Major Update On Wildfires Impacting New York State’s Air Quality
Top New York officials are continuing to warn Empire State residents regarding the air quality caused by the ongoing wildfires in Canada.
Gov. Kathy Hochul and the New York State DEC is updating New Yorkers regarding the poor air quality in New York from the ongoing Canadian wildfires.
Governor Hochul Updates New Yorkers On Canadian Wildfires Impacting State's Air Quality
Smoke from wildfires in Canada has made its way to New York, including in the Hudson Valley, New York City, Adirondacks, Eastern Lake Ontario, and Central New York regions
Police across the Hudson Valley received many reports on Tuesday about an odor of burning and smoke in the air.
Air quality tracker, IQAir, reported New York City had the worst air quality in the world among major cities.
Air Quality Health Advisory Long Island, New York City Metro, Lower Hudson Valley, Upper Hudson Valley, Adirondacks, Eastern Lake Ontario, and Central New York regions.
An Air Quality Health Advisory remains in effect on Wednesday for Long Island, New York City Metro, Lower Hudson Valley, Upper Hudson Valley, Adirondacks, Eastern Lake Ontario, and Central New York regions.
More than 100 wildfires currently burning in Quebec are causing hazy conditions across much of New York State.
"When these historic wildfires started in Canada, DEC meteorologists were closely monitoring weather patterns and other data to help inform air quality forecasts," DEC Commissioner Basil Seggos said.
New York residents, especially those who are sensitive to air quality, are told to limit outdoor exposure.
"When many New Yorkers walked outside, the hazy skies caused by wildfire smoke were hard to miss," Hochul said. "New York State experts are monitoring our air quality every day to ensure New Yorkers have the latest information about current air quality in their communities and what they can do to protect themselves. I encourage New Yorkers, especially those sensitive to air quality, to take appropriate steps to help limit risk of exposure."
Exposure to fine particulate matter can cause short-term health effects, such as irritation to the eyes, nose, and throat, coughing, sneezing, runny nose, and shortness of breath, officials say.

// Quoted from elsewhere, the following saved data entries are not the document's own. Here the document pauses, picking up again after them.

// The order in which DER has the items of a SET (X.690 10.3, 11.6).
ghost use Rattle.std.specs.Prelude.{◌≡◌, ◌⊎◌, ◌<◌, ◌≤◌, ◌^◌, IfErr, IfOk, OnOk, MatchOption, None, Some, map};
ghost use Rattle.std.specs.Cmp.Lexicographic.{slice_cmp};
ghost use Rattle.std.specs.Ordering.{nat_cmp};
ghost use Rattle.asn1_blocks.specs.BlockParts.{tree_tag};
ghost use Rattle.asn1_blocks.specs.View.{view, views};
ghost use Rattle.asn1_headers.specs.Header.{class_number};
ghost use Rattle.asn1_headers.specs.declared.error.ASN1EncodeErr.TheVariants.{OutOfMemory as no_memory};
ghost use Rattle.asn1_writing.specs.Canonical.{canonical, first_write_fault, write_fault};
ghost use Rattle.simple_asn1.specs.Inner.Encodings.{block_of, octets_of};
ghost use Rattle.simple_asn1.specs.Sets.{IsSortedFrom, tag_key};

use crate::encoded::Encoded;
use asn1_blocks::block::ASN1Block;
use asn1_blocks::block::discard::{discard, discard_one};
use asn1_blocks::held::HeldBlocks;
use asn1_headers::error::ASN1EncodeErr;
use asn1_headers::header::{ASN1Class, encode_class};
use asn1_numbers::number::big_uint::BigUint;
use asn1_writing::write::to_der;
use std::alloc::{AllocError, Global};
use std::cmp::Ordering;

// The blocks in the order of their tags.
pub fn by_tags(mut blocks: Vec<ASN1Block>) -> Result<Vec<ASN1Block>, AllocError>
    ensures { IfOk result (λ sorted. IsSortedFrom tag_key blocks.items sorted.items) }
{
    match blocks.sort_by(|a: &ASN1Block, b: &ASN1Block| tag_order(a, b)) {
        Ok(()) => Ok(blocks),
        Err(AllocError) => {
            discard(blocks);
            Err(AllocError)
        }
    }
}

// Which tag stands before the other: by class, and in a class by number (X.680 8.6).
fn tag_order(a: &ASN1Block, b: &ASN1Block) -> Ordering
    ensures { result ≡ slice_cmp nat_cmp (tag_key (view a.now)) (tag_key (view b.now)) }
{
    let classes = class_place(a.class()).cmp(&class_place(b.class()));
    classes.then(number_order(a, b))
}

fn class_place(class: ASN1Class) -> u8
    ensures { result ≡ class_number class }
{
    encode_class(class) / 64
}

fn number_order(a: &ASN1Block, b: &ASN1Block) -> Ordering
    ensures { result ≡ nat_cmp (tree_tag (view a.now)) (tree_tag (view b.now)) }
{
    match (a.tag(), b.tag()) {
        (Some(m), Some(n)) => m.cmp(&n),
        (Some(_), None) => Ordering::Less,
        (None, Some(_)) => Ordering::Greater,
        (None, None) => large_number_order(a, b),
    }
}

// The order of tag numbers of 2^64 or more.
fn large_number_order(a: &ASN1Block, b: &ASN1Block) -> Ordering
    requires { (2 ^ 64 ≤ tree_tag (view a.now)) × (2 ^ 64 ≤ tree_tag (view b.now)) }
    ensures { result ≡ nat_cmp (tree_tag (view a.now)) (tree_tag (view b.now)) }
{
    match (tag_field(a), tag_field(b)) {
        (Some(m), Some(n)) => m.cmp(n),
        _ => unreachable!(),
    }
}

// The tag number of a block that keeps its own.
fn tag_field(block: &ASN1Block) -> Option<&BigUint>
    ensures { MatchOption result (tree_tag (view block.now) < 2 ^ 64) (λ n. tree_tag (view block.now) ≡ n.now) }
{
    match block {
        ASN1Block::Explicit(_, _, tag, _) | ASN1Block::Unknown(_, _, _, tag, _) => Some(tag),
        _ => None,
    }
}

// The blocks in the order of their encodings, of which each is written once.
pub fn by_encodings(alloc: Global, blocks: Vec<ASN1Block>) -> Result<Vec<ASN1Block>, ASN1EncodeErr>
    ensures sorted { IfOk result (λ sorted. IsSortedFrom canonical blocks.items sorted.items) }
    ensures writable { OnOk result (first_write_fault (views blocks.items) ≡ None) }
    ensures refused { IfErr result
        (λ e. (e ≡ no_memory) ⊎ (first_write_fault (views blocks.items) ≡ Some e)) }
{
    let mut items = encode_all(alloc, blocks)?;
    items.sort_by(|a: &Encoded, b: &Encoded| encoding_order(a, b))?;
    Ok(blocks_of(alloc, items)?)
}

fn encoding_order(a: &Encoded, b: &Encoded) -> Ordering
    ensures { result ≡ slice_cmp nat_cmp (octets_of a.now) (octets_of b.now) }
{
    a.octets.cmp(&b.octets)
}

// Each block with what is written of it.
fn encode_all(alloc: Global, mut blocks: Vec<ASN1Block>) -> Result<Vec<Encoded>, ASN1EncodeErr>
    ensures blocks { IfOk result (λ items. map block_of items.items ≡ blocks.items) }
    ensures writable { OnOk result (first_write_fault (views blocks.items) ≡ None) }
    ensures refused { IfErr result
        (λ e. (e ≡ no_memory) ⊎ (first_write_fault (views blocks.items) ≡ Some e)) }
{
    blocks.reverse();
    let mut left = HeldBlocks::of(blocks);
    let mut items = Vec::with_capacity(alloc, left.len())?;
    while let Some(block) = left.pop() {
        items.push(encode(alloc, block)?)?;
    }
    Ok(items)
}

fn encode(alloc: Global, block: ASN1Block) -> Result<Encoded, ASN1EncodeErr>
    ensures block { IfOk result (λ item. item.block ≡ block) }
    ensures writable { OnOk result (write_fault (view block) ≡ None) }
    ensures refused { IfErr result (λ e. (e ≡ no_memory) ⊎ (write_fault (view block) ≡ Some e)) }
{
    match to_der(alloc, &block) {
        Ok(octets) => Ok(Encoded { octets, block }),
        Err(e) => {
            discard_one(block);
            Err(e)
        }
    }
}

// The blocks alone.
fn blocks_of(alloc: Global, items: Vec<Encoded>) -> Result<Vec<ASN1Block>, AllocError>
    ensures { IfOk result (λ blocks. blocks.items ≡ map block_of items.items) }
{
    let mut blocks = HeldBlocks::with_capacity(alloc, items.len())?;
    for item in items {
        blocks.push(item.into_block())?;
    }
    Ok(blocks.into_vec())
}
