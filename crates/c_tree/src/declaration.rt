// Declarations (C99 6.7) and the text as a whole (C99 6.9).

use crate::expression::{Expression, Name, Specifiers};
use crate::statement::Block;
use sqlite_items::{Boxed, Items};

/// Variables of a block.
pub struct Declaration {
    pub specifiers: Specifiers,
    pub declarators: Items<Declarator>,
}

/// A variable of a block.
pub struct Declarator {
    pub name: Name,
    /// What stands in each pair of brackets (C99 6.7.5.2), from left to right; at most three.
    pub lengths: Items<Expression>,
    /// Behind `=`.
    pub initializer: Option<Boxed<Expression>>,
}

/// A whole text.
pub struct TranslationUnit {
    pub declarations: Items<ExternalDeclaration>,
}

/// A declaration at file scope (C99 6.9).
pub enum ExternalDeclaration {
    Function(Function),
    Objects(GlobalDeclaration),
}

/// A function's definition, or its prototype.
pub struct Function {
    pub specifiers: Specifiers,
    /// Whether a `*` stands before the name.
    pub is_pointer: bool,
    pub name: Name,
    pub parameters: Items<Parameter>,
    /// None of a prototype.
    pub body: Option<Block>,
}

/// A parameter of a function (C99 6.7.5.3).
pub struct Parameter {
    pub specifiers: Specifiers,
    pub is_pointer: bool,
    pub name: Option<Name>,
}

/// Variables at file scope.
pub struct GlobalDeclaration {
    pub specifiers: Specifiers,
    /// Whether a `*` stands before the first name; none stands before the others.
    pub is_pointer: bool,
    pub declarators: Items<GlobalDeclarator>,
}

/// A variable at file scope.
pub struct GlobalDeclarator {
    pub name: Name,
    /// What stands in each pair of brackets (C99 6.7.5.2), from left to right; at most three.
    pub lengths: Items<Expression>,
    /// Behind `=`.
    pub initializer: Option<Initializer>,
}

/// What stands behind the `=` of a global (C99 6.7.8).
pub enum Initializer {
    Value(Boxed<Expression>),
    /// Between braces, at least one; and the place of the first brace.
    List(Items<Initial>, usize),
    /// `PTHREAD_MUTEX_INITIALIZER`
    Mutex,
}

/// What stands between the braces of an initializer, for an element or for the elements of one row (C99 6.7.8).
#[cycle(initials)]
#[derive(Drop)]
pub enum Initial {
    Value(Boxed<Expression>),
    /// Between braces, at least one; and the place of the first brace.
    List(Items<Initial>, usize),
}

// A drop that is written here is proved here; a derived one is proved again in each crate that drops the type.

impl Drop for Declaration {
    fn drop(self) {
        let Declaration {
            specifiers: _,
            declarators: _,
        } = self;
    }
}

impl Drop for Declarator {
    fn drop(self) {
        let Declarator {
            name: _,
            lengths: _,
            initializer: _,
        } = self;
    }
}

impl Drop for TranslationUnit {
    fn drop(self) {
        let TranslationUnit { declarations: _ } = self;
    }
}

impl Drop for ExternalDeclaration {
    fn drop(self) {
        match self {
            ExternalDeclaration::Function(_) => {}
            ExternalDeclaration::Objects(_) => {}
        }
    }
}

impl Drop for Function {
    fn drop(self) {
        let Function {
            specifiers: _,
            is_pointer: _,
            name: _,
            parameters: _,
            body: _,
        } = self;
    }
}

impl Drop for Parameter {
    fn drop(self) {
        let Parameter {
            specifiers: _,
            is_pointer: _,
            name: _,
        } = self;
    }
}

impl Drop for GlobalDeclaration {
    fn drop(self) {
        let GlobalDeclaration {
            specifiers: _,
            is_pointer: _,
            declarators: _,
        } = self;
    }
}

impl Drop for GlobalDeclarator {
    fn drop(self) {
        let GlobalDeclarator {
            name: _,
            lengths: _,
            initializer: _,
        } = self;
    }
}

impl Drop for Initializer {
    fn drop(self) {
        match self {
            Initializer::Value(_) => {}
            Initializer::List(_, _) => {}
            Initializer::Mutex => {}
        }
    }
}
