// Expressions (C99 6.5), with the calls, places and pointers that stand in them. Parentheses leave no node.
//
// The operators of one level that group from left to right are one node with a list, and so are conditionals that
// stand in one another's second operand: a tree is never deeper than its text is nested, but for the ten levels.

use c_token::Constant;
use sqlite_items::{Boxed, Items};

/// A name where it stands.
pub struct Name {
    pub bytes: Items<u8>,
    /// Of its first byte.
    pub offset: usize,
}

/// A word of a type: a type specifier, a storage class or a qualifier (C99 6.7).
#[derive(Clone, Copy, PartialEq, Eq)]
pub enum TypeWord {
    Static,
    Const,
    Void,
    Char,
    Short,
    Int,
    Long,
    Signed,
    Unsigned,
    /// `pthread_t`
    ThreadId,
    /// `pthread_mutex_t`
    Mutex,
    /// `pthread_barrier_t`
    Barrier,
}

/// One or more words, as they are written: not each combination is a type.
pub struct Specifiers {
    pub words: Items<TypeWord>,
    /// Of the first word.
    pub offset: usize,
}

/// A unary operator (C99 6.5.3.3).
#[derive(Clone, Copy)]
pub enum UnaryOperator {
    Plus,
    Minus,
    /// `~`
    Complement,
    /// `!`
    Not,
}

/// A binary operator, `&&` and `||` among them.
#[derive(Clone, Copy)]
pub enum BinaryOperator {
    /// `||`
    LogicalOr,
    /// `&&`
    LogicalAnd,
    BitOr,
    BitXor,
    BitAnd,
    Equal,
    NotEqual,
    Less,
    Greater,
    LessEqual,
    GreaterEqual,
    ShiftLeft,
    ShiftRight,
    Add,
    Subtract,
    Multiply,
    Divide,
    Remainder,
}

/// An expression and where it begins.
#[cycle(expressions)]
#[derive(Drop)]
pub struct Expression {
    /// Of the first byte of its text: of `(a)` that of the parenthesis.
    pub offset: usize,
    pub form: Form,
}

/// What an expression is made of.
#[cycle(expressions)]
#[derive(Drop)]
pub enum Form {
    /// A constant and the place of its first byte.
    Constant(Constant, usize),
    /// The value of a place.
    Place(Place),
    /// The value of a call.
    Call(Call),
    Unary(UnaryOperator, Boxed<Expression>),
    /// A conversion to the type.
    Cast(Specifiers, Boxed<Expression>),
    /// Operators of one level, from left to right: each joins what stands before it and its own operand.
    Binary(Boxed<Expression>, Items<Term>),
    /// The value where each condition holds, and the choices from the innermost to the outermost: each gives what
    /// stands before it, or else its own operand. `a ? b ? x : y : z` is x with the choices (b, y) and (a, z).
    Conditional(Boxed<Expression>, Items<Choice>),
}

/// An operator and its right operand.
#[cycle(expressions)]
#[derive(Drop)]
pub struct Term {
    pub operator: BinaryOperator,
    /// Of the operator.
    pub offset: usize,
    pub operand: Expression,
}

/// A condition with its `?`, and the third operand.
#[cycle(expressions)]
#[derive(Drop)]
pub struct Choice {
    pub condition: Expression,
    /// Of the `?`.
    pub offset: usize,
    pub otherwise: Expression,
}

/// An object, or an element of one (C99 6.5.2.1).
#[cycle(expressions)]
#[derive(Drop)]
pub struct Place {
    pub name: Name,
    /// What stands in each pair of brackets (C99 6.5.2.1), from left to right; at most three.
    pub indices: Items<Expression>,
}

/// A call by the called name (C99 6.5.2.2).
#[cycle(expressions)]
#[derive(Drop)]
pub struct Call {
    pub name: Name,
    pub arguments: Items<Argument>,
}

/// An argument of a call.
#[cycle(expressions)]
#[derive(Drop)]
pub enum Argument {
    Value(Boxed<Expression>),
    /// The bytes between the quotes of a string literal as they are written, and the place of its first quote.
    Text(Items<u8>, usize),
    /// `&` and a place, and the place of the `&` in the text.
    Address(Place, usize),
    Pointer(Pointer),
}

/// A pointer to void.
#[cycle(expressions)]
#[derive(Drop)]
pub struct Pointer {
    /// The operand of `(void *)`; none for `NULL`.
    pub operand: Option<Boxed<Expression>>,
    /// Of its first byte.
    pub offset: usize,
}

// A drop that is written here is proved here; a derived one is proved again in each crate that drops the type.

impl Drop for Name {
    fn drop(self) {
        let Name {
            bytes: _,
            offset: _,
        } = self;
    }
}

impl Drop for Specifiers {
    fn drop(self) {
        let Specifiers {
            words: _,
            offset: _,
        } = self;
    }
}
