// Closed cycles on a copy.

ghost use Rattle.std.specs.Prelude.{◌≡◌, ◌<◌, ◌≤◌};
ghost use Rattle.sim_layout.specs.Rounds.{threads_of};
ghost use Rattle.sim_layout.specs.Running.{state_of, IsSameNet};
ghost use Rattle.slot_sim.specs.Slots.{IsThreadedIn};
ghost use Rattle.journal_laws.specs.Steps.{OfTop, IsClosedRun};

use slot_sim::running::SlotSim;

/// Does closed cycles of a thread until its next one is open or `most` are done, and says how many.
pub fn run_closed(sim: &mut SlotSim, thread: usize, most: u32) -> u32
    requires thread { thread < threads_of sim.old.modules }
    requires threaded { IsThreadedIn sim.old.modules (threads_of sim.old.modules) }
    ensures net { IsSameNet sim.old sim.new }
    ensures most { result ≤ most }
    ensures run { OfTop sim.old (λ modules top count. IsClosedRun modules top count thread most result (state_of sim.old) (state_of sim.new)) }
{
    let _ = sim.threads();
    for done in 0..most {
        if sim.need(thread) {
            return done;
        }
        sim.pass(thread);
    }
    most
}
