// The first thread that can move, and the verdict on a state.

ghost use Rattle.std.specs.Prelude.{◌≤◌};
ghost use Rattle.sim_layout.specs.Rounds.{threads_of};
ghost use Rattle.sim_layout.specs.Running.{Stands, IsSameNet, IsSameState};
ghost use Rattle.slot_sim.specs.Slots.{IsThreadedIn};
ghost use Rattle.sim_layout.specs.Running.{state_of};
ghost use Rattle.journal_laws.specs.Journal.{Judged, ended};
ghost use Rattle.journal_laws.specs.Steps.{OfTop, IsFirstFound, IsMover, IsOffer};

use crate::verdict::{Next, Verdict};
use slot_sim::running::SlotSim;

/// The first of the threads from one on, up to another, that can move. The state stays.
pub fn first_mover(sim: &mut SlotSim, from: usize, end: usize) -> Option<usize>
    requires end { end ≤ threads_of sim.old.modules }
    requires threaded { IsThreadedIn sim.old.modules (threads_of sim.old.modules) }
    ensures net { IsSameNet sim.old sim.new }
    ensures first { IsFirstFound sim.old from end result }
    ensures state { IsSameState sim.old sim.new }
{
    let _ = sim.threads();
    for thread in from..end {
        if sim.moves(thread) {
            return Some(thread);
        }
    }
    None
}

/// The first thread from `prefer` on, cyclically, that can move, or none where none can. The state stays.
pub fn mover(sim: &mut SlotSim, prefer: usize) -> Option<usize>
    requires prefer { prefer ≤ threads_of sim.old.modules }
    requires threaded { IsThreadedIn sim.old.modules (threads_of sim.old.modules) }
    ensures net { IsSameNet sim.old sim.new }
    ensures stands { Stands sim.old }
    ensures found { IsMover sim.old prefer result }
    ensures state { IsSameState sim.old sim.new }
{
    let threads = sim.threads();
    if let Some(thread) = first_mover(sim, prefer, threads) {
        return Some(thread);
    }
    first_mover(sim, 0, prefer)
}

/// The first thread from `prefer` on, cyclically, that can move, or the verdict on a state after so many of at most `most` entries. The
/// state stays.
pub fn judge(sim: &mut SlotSim, prefer: usize, entries: usize, most: usize) -> Next
    requires prefer { prefer ≤ threads_of sim.old.modules }
    requires threaded { IsThreadedIn sim.old.modules (threads_of sim.old.modules) }
    ensures net { IsSameNet sim.old sim.new }
    ensures verdict { OfTop sim.old (λ modules top count. Judged modules top count (state_of sim.old) entries most (ended result)) }
    ensures first { IsOffer sim.old prefer result }
    ensures state { IsSameState sim.old sim.new }
{
    let found = mover(sim, prefer);
    if sim.done() {
        return Next::Ended(Verdict::Done);
    }
    let Some(thread) = found else {
        return Next::Ended(Verdict::Stuck);
    };
    if entries == most {
        return Next::Ended(Verdict::Entries);
    }
    Next::Thread(thread)
}
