// What the calls of a board answer.

/// Why a run ended.
#[derive(Clone, Copy)]
pub enum Verdict {
    /// `done` is shown.
    Done,
    /// It is not, and no cycle of one thread changes anything.
    Stuck,
    /// Neither, and there are as many entries as there may be.
    Entries,
}

/// What a commit did.
#[derive(Clone, Copy)]
pub enum Answer {
    /// An entry was added.
    Committed,
    /// The thread's slot is no longer as the copy was made.
    Stale,
    /// There was no closed cycle to add, and the thread can't do its open one.
    Waits,
    Ended(Verdict),
}

/// The thread to run next, or why there is none.
#[derive(Clone, Copy)]
pub enum Next {
    Thread(usize),
    Ended(Verdict),
}
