// Statements (C99 6.8).

use crate::declaration::Declaration;
use crate::expression::{BinaryOperator, Call, Expression, Place, Pointer};
use sqlite_items::{Boxed, Items};

/// `=`, or a compound assignment by its binary operator.
#[derive(Clone, Copy)]
pub enum AssignmentOperator {
    Set,
    Compound(BinaryOperator),
}

/// Up for `++`, down for `--`.
#[derive(Clone, Copy)]
pub enum Direction {
    Up,
    Down,
}

/// What stands as a statement by itself, or in the head of a `for`.
pub struct SimpleStatement {
    pub form: SimpleForm,
    /// Of its first byte.
    pub offset: usize,
}

/// What a simple statement is made of.
pub enum SimpleForm {
    Assign(Place, AssignmentOperator, Boxed<Expression>),
    /// `++` or `--`, before the place or behind it.
    Step(Place, Direction),
    Call(Call),
}

/// What a `return` gives back.
pub enum Returned {
    Nothing,
    Value(Boxed<Expression>),
    Pointer(Pointer),
}

/// What the head of a `for` begins with.
pub enum ForStart {
    Nothing,
    Declaration(Declaration),
    Simple(Boxed<SimpleStatement>),
}

/// `case` and its value, or `default` (C99 6.8.1).
pub struct CaseLabel {
    /// None of `default`.
    pub value: Option<Boxed<Expression>>,
    /// Of the word.
    pub offset: usize,
}

/// `{`, declarations and statements, `}`.
#[cycle(statements)]
#[derive(Drop)]
pub struct Block {
    pub items: Items<BlockItem>,
    /// Of the closing brace.
    pub close: usize,
}

/// An item of a block (C99 6.8.2).
#[cycle(statements)]
#[derive(Drop)]
pub enum BlockItem {
    Declaration(Declaration),
    Statement(Statement),
}

/// The numbers are the places of the first words, `if` and so on.
#[cycle(statements)]
#[derive(Drop)]
pub enum Statement {
    Block(Block),
    /// `;`
    Empty,
    Simple(Boxed<SimpleStatement>),
    Break(usize),
    Continue(usize),
    /// The condition, the statement where it holds, and the one behind `else`.
    If(Boxed<Expression>, Boxed<Statement>, Option<Boxed<Statement>>),
    While(Boxed<Expression>, Boxed<Statement>),
    /// `do` the statement `while` the condition holds.
    DoWhile(Boxed<Statement>, Boxed<Expression>),
    /// The start, the condition, the step and the body.
    For(
        Boxed<ForStart>,
        Option<Boxed<Expression>>,
        Option<Boxed<SimpleStatement>>,
        Boxed<Statement>,
    ),
    Return(Returned, usize),
    /// `switch`: what it goes by, the groups between its braces, and the place of the word (C99 6.8.4.2).
    Switch(Boxed<Expression>, Items<Group>, usize),
}

/// A label of a switch, and the statements behind it up to the next one; none where labels stand one behind the other.
#[cycle(statements)]
#[derive(Drop)]
pub struct Group {
    pub label: CaseLabel,
    pub statements: Items<Statement>,
}

// A drop that is written here is proved here; a derived one is proved again in each crate that drops the type.

impl Drop for SimpleStatement {
    fn drop(self) {
        let SimpleStatement { form: _, offset: _ } = self;
    }
}

impl Drop for SimpleForm {
    fn drop(self) {
        match self {
            SimpleForm::Assign(_, _, _) => {}
            SimpleForm::Step(_, _) => {}
            SimpleForm::Call(_) => {}
        }
    }
}

impl Drop for Returned {
    fn drop(self) {
        match self {
            Returned::Nothing => {}
            Returned::Value(_) => {}
            Returned::Pointer(_) => {}
        }
    }
}

impl Drop for ForStart {
    fn drop(self) {
        match self {
            ForStart::Nothing => {}
            ForStart::Declaration(_) => {}
            ForStart::Simple(_) => {}
        }
    }
}

impl Drop for CaseLabel {
    fn drop(self) {
        let CaseLabel {
            value: _,
            offset: _,
        } = self;
    }
}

"The New York State Department of Health recommends that New Yorkers limit strenuous outdoor activity to reduce the risk of adverse health effects. People who are especially sensitive to the effects of elevated levels of pollutants, including the very young and those with pre-existing respiratory problems such as heart disease or asthma, should avoid spending time outdoors, if possible," Acting State Health Commissioner Dr. James McDonald said.
Over 400 fires were burning in Canada as of Tuesday night, including over 200 considered "out of control."